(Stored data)
────────

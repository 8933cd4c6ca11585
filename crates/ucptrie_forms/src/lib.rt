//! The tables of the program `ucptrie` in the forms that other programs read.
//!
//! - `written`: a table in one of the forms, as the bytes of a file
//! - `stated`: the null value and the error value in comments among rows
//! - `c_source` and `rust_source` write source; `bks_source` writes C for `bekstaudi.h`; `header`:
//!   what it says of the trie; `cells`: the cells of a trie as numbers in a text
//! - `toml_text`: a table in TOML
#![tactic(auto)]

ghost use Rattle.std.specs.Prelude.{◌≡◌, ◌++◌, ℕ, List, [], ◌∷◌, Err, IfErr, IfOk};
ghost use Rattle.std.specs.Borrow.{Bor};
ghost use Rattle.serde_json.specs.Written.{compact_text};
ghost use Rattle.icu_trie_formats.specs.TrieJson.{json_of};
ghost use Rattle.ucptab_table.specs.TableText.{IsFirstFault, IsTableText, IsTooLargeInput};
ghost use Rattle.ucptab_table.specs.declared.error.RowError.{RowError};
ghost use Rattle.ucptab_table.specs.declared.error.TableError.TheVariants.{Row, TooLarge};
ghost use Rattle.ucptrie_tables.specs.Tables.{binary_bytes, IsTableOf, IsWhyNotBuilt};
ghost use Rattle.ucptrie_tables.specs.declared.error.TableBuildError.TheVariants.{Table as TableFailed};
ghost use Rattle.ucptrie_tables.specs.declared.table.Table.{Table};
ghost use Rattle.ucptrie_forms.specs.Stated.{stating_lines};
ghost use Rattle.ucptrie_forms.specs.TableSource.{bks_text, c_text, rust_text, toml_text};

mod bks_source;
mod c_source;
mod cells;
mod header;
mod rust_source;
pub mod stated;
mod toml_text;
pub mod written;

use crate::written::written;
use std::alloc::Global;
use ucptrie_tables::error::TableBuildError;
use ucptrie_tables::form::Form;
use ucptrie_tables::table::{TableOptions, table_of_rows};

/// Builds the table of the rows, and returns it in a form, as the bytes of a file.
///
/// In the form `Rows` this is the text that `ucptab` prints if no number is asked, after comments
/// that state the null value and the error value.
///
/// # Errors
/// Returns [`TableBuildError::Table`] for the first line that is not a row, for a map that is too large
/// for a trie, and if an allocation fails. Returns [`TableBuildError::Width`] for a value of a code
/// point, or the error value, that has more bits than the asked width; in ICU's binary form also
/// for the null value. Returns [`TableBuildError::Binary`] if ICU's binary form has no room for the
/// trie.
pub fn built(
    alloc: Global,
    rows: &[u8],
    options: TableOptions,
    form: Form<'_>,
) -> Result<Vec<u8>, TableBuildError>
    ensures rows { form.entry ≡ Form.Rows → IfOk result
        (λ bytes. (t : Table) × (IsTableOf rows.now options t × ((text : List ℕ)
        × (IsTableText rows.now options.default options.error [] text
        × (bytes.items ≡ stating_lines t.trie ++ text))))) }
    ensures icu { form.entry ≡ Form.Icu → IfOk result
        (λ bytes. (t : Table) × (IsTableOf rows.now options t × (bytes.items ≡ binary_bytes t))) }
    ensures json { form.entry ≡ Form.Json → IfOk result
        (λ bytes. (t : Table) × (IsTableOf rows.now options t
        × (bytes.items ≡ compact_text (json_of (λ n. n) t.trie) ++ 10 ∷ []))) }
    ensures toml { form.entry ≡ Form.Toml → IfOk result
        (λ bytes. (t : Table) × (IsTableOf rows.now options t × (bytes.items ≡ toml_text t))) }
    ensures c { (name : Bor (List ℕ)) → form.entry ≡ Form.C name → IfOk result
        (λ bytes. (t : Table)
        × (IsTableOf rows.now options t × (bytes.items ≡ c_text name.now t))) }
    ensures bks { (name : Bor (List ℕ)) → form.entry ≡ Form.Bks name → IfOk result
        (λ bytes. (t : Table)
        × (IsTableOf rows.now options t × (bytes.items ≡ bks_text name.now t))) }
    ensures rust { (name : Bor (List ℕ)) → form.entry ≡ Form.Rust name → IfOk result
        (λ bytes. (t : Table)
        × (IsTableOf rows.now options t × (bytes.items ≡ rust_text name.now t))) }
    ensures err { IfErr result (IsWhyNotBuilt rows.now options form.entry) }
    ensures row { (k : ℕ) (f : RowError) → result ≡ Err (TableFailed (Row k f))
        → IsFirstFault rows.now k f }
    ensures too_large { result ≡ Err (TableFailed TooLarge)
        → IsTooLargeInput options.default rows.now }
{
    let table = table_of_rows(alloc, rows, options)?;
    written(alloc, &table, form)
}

────────

WHAT THE EXERCISE ASKS
The lines from the top of the data above down to the line containing "mod toml_text;" are to be copied exactly; no other line should appear.

SOLUTION TO THIS PROBLEM
repository 8933cd4c6ca11585
filename crates/ucptrie_forms/src/lib.rt
//! The tables of the program `ucptrie` in the forms that other programs read.
//!
//! - `written`: a table in one of the forms, as the bytes of a file
//! - `stated`: the null value and the error value in comments among rows
//! - `c_source` and `rust_source` write source; `bks_source` writes C for `bekstaudi.h`; `header`:
//!   what it says of the trie; `cells`: the cells of a trie as numbers in a text
//! - `toml_text`: a table in TOML
#![tactic(auto)]

ghost use Rattle.std.specs.Prelude.{◌≡◌, ◌++◌, ℕ, List, [], ◌∷◌, Err, IfErr, IfOk};
ghost use Rattle.std.specs.Borrow.{Bor};
ghost use Rattle.serde_json.specs.Written.{compact_text};
ghost use Rattle.icu_trie_formats.specs.TrieJson.{json_of};
ghost use Rattle.ucptab_table.specs.TableText.{IsFirstFault, IsTableText, IsTooLargeInput};
ghost use Rattle.ucptab_table.specs.declared.error.RowError.{RowError};
ghost use Rattle.ucptab_table.specs.declared.error.TableError.TheVariants.{Row, TooLarge};
ghost use Rattle.ucptrie_tables.specs.Tables.{binary_bytes, IsTableOf, IsWhyNotBuilt};
ghost use Rattle.ucptrie_tables.specs.declared.error.TableBuildError.TheVariants.{Table as TableFailed};
ghost use Rattle.ucptrie_tables.specs.declared.table.Table.{Table};
ghost use Rattle.ucptrie_forms.specs.Stated.{stating_lines};
ghost use Rattle.ucptrie_forms.specs.TableSource.{bks_text, c_text, rust_text, toml_text};

mod bks_source;
mod c_source;
mod cells;
mod header;
mod rust_source;
pub mod stated;
mod toml_text;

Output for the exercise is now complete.